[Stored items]
BEGIN

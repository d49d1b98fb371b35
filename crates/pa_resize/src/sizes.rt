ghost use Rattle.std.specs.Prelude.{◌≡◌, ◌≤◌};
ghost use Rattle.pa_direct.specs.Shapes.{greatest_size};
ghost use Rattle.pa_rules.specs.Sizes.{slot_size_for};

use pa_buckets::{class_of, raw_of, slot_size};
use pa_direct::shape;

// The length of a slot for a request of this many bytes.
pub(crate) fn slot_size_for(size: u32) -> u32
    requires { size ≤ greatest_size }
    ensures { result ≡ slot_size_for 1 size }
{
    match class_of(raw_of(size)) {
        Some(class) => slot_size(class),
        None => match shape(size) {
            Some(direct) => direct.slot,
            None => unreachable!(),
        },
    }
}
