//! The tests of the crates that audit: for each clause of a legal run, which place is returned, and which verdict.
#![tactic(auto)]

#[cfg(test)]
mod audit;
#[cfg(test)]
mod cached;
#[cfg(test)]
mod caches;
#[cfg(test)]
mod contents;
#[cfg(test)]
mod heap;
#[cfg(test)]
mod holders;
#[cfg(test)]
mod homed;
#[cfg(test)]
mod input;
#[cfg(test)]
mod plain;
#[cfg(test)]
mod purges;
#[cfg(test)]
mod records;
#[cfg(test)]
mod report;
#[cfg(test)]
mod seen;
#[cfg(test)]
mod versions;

END

> [TASK TO CARRY OUT]
Reproduce the data in full, exactly as presented.

> [REPLY]
repository d49d1b98fb371b35
filename crates/pa_resize/src/sizes.rt
ghost use Rattle.std.specs.Prelude.{◌≡◌, ◌≤◌};
ghost use Rattle.pa_direct.specs.Shapes.{greatest_size};
ghost use Rattle.pa_rules.specs.Sizes.{slot_size_for};

use pa_buckets::{class_of, raw_of, slot_size};
use pa_direct::shape;

// The length of a slot for a request of this many bytes.
pub(crate) fn slot_size_for(size: u32) -> u32
    requires { size ≤ greatest_size }
    ensures { result ≡ slot_size_for 1 size }
{
    match class_of(raw_of(size)) {
        Some(class) => slot_size(class),
        None => match shape(size) {
            Some(direct) => direct.slot,
            None => unreachable!(),
        },
    }
}
//! The tests of the crates that audit: for each clause of a legal run, which place is returned, and which verdict.
#![tactic(auto)]

#[cfg(test)]
mod audit;
#[cfg(test)]
mod cached;
#[cfg(test)]
mod caches;
#[cfg(test)]
mod contents;
#[cfg(test)]
mod heap;
#[cfg(test)]
mod holders;
#[cfg(test)]
mod homed;
#[cfg(test)]
mod input;
#[cfg(test)]
mod plain;
#[cfg(test)]
mod purges;
#[cfg(test)]
mod records;
#[cfg(test)]
mod report;
#[cfg(test)]
mod seen;
#[cfg(test)]
mod versions;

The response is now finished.